• Exercise directions:
When "Schedule" occurs in a line of the material, copy that line.

** Data provided follows **

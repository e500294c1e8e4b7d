//! The one field of a certificate.
ghost use Rattle.std.specs.Prelude.{◌≡◌, ℕ, List, MatchResult};
ghost use Rattle.fields.specs.Certificates.{certificate_tag, IsCertificate, certificate_checks};
ghost use Rattle.fields.specs.Faults.{First};
ghost use Rattle.fields.specs.declared.fault.FaultKind.{FaultKind};

use crate::fault::{FaultKind, FieldFault};
use crate::head::cut_field;
use crate::number::Number;
use std::fmt;

/// What a certificate holds.
#[derive(Clone, Copy, PartialEq, Eq, Debug)]
pub enum CertificateKind {
    /// One four-byte number a column.
    Schedule,
    /// One eight-byte number a row.
    Multipliers,
}

impl CertificateKind {
    /// The tag of its field.
    pub fn tag(self) -> u8
        ensures { result ≡ certificate_tag self }
    {
        match self {
            CertificateKind::Schedule => 20,
            CertificateKind::Multipliers => 21,
        }
    }
}

impl TryFrom<u8> for CertificateKind {
    type Error = FaultKind;

    ghost use Rattle.fields.specs.Certificates.{IsKind};

    ghost try_from_gives = { IsKind };

    fn try_from(tag: u8) -> Result<CertificateKind, FaultKind> {
        match tag {
            20 => Ok(CertificateKind::Schedule),
            21 => Ok(CertificateKind::Multipliers),
            _ => Err(FaultKind::UnknownTag),
        }
    }
}

impl fmt::Display for CertificateKind {
    ghost use Rattle.std.specs.Prelude.{Some};
    ghost use Rattle.fields.specs.Certificates.{kind_text};

    ghost output = { λ k. Some (kind_text k) };

    fn fmt<W: fmt::Write>(&self, f: &mut fmt::Formatter<W>) -> fmt::Result {
        match self {
            CertificateKind::Schedule => write!(f, "schedule"),
            CertificateKind::Multipliers => write!(f, "multipliers"),
        }
    }
}

/// A certificate: its label, and the bytes of its numbers, which stay in the input.
#[derive(Clone, Copy)]
pub struct Certificate<'a> {
    pub label: u32,
    pub values: &'a [u8],
}

/// The certificate that is all of the input, or the lowest fault that applies.
fn judge_certificate(kind: CertificateKind, input: &[u8]) -> Result<Certificate<'_>, FaultKind>
    ensures { MatchResult result
        (λ c. IsCertificate kind input.now c.label c.values.now)
        (λ k. First (certificate_checks kind input.now) k) }
{
    let (field, rest) = cut_field(input)?;
    if field.tag != kind.tag() {
        return Err(FaultKind::UnknownTag);
    }
    if !rest.is_empty() {
        return Err(FaultKind::BadLength);
    }
    let Some((label, values)) = u32::split(field.body) else {
        return Err(FaultKind::BadLength);
    };
    Ok(Certificate { label, values })
}

/// The certificate that is all of the input: one whole field with its tag, its label and its value bytes.
/// A fault is placed at offset 0.
pub fn read_certificate(kind: CertificateKind, input: &[u8]) -> Result<Certificate<'_>, FieldFault>
    ensures reads { MatchResult result
        (λ c. IsCertificate kind input.now c.label c.values.now)
        (λ e. (e.offset ≡ 0) × First (certificate_checks kind input.now) e.kind) }
    ensures accepts { (label : ℕ) (values : List ℕ) → IsCertificate kind input.now label values →
        MatchResult result (λ c. (c.label ≡ label) × (c.values.now ≡ values)) (λ _. ⊥) }
    ensures refuses { (k : FaultKind) → First (certificate_checks kind input.now) k →
        MatchResult result (λ _. ⊥) (λ e. e.kind ≡ k) }
{
    judge_certificate(kind, input).map_err(|kind| FieldFault { kind, offset: 0 })
}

** End of Data provided **

• Exercise answer:
    Schedule,
            CertificateKind::Schedule => 20,
            20 => Ok(CertificateKind::Schedule),
            CertificateKind::Schedule => write!(f, "schedule"),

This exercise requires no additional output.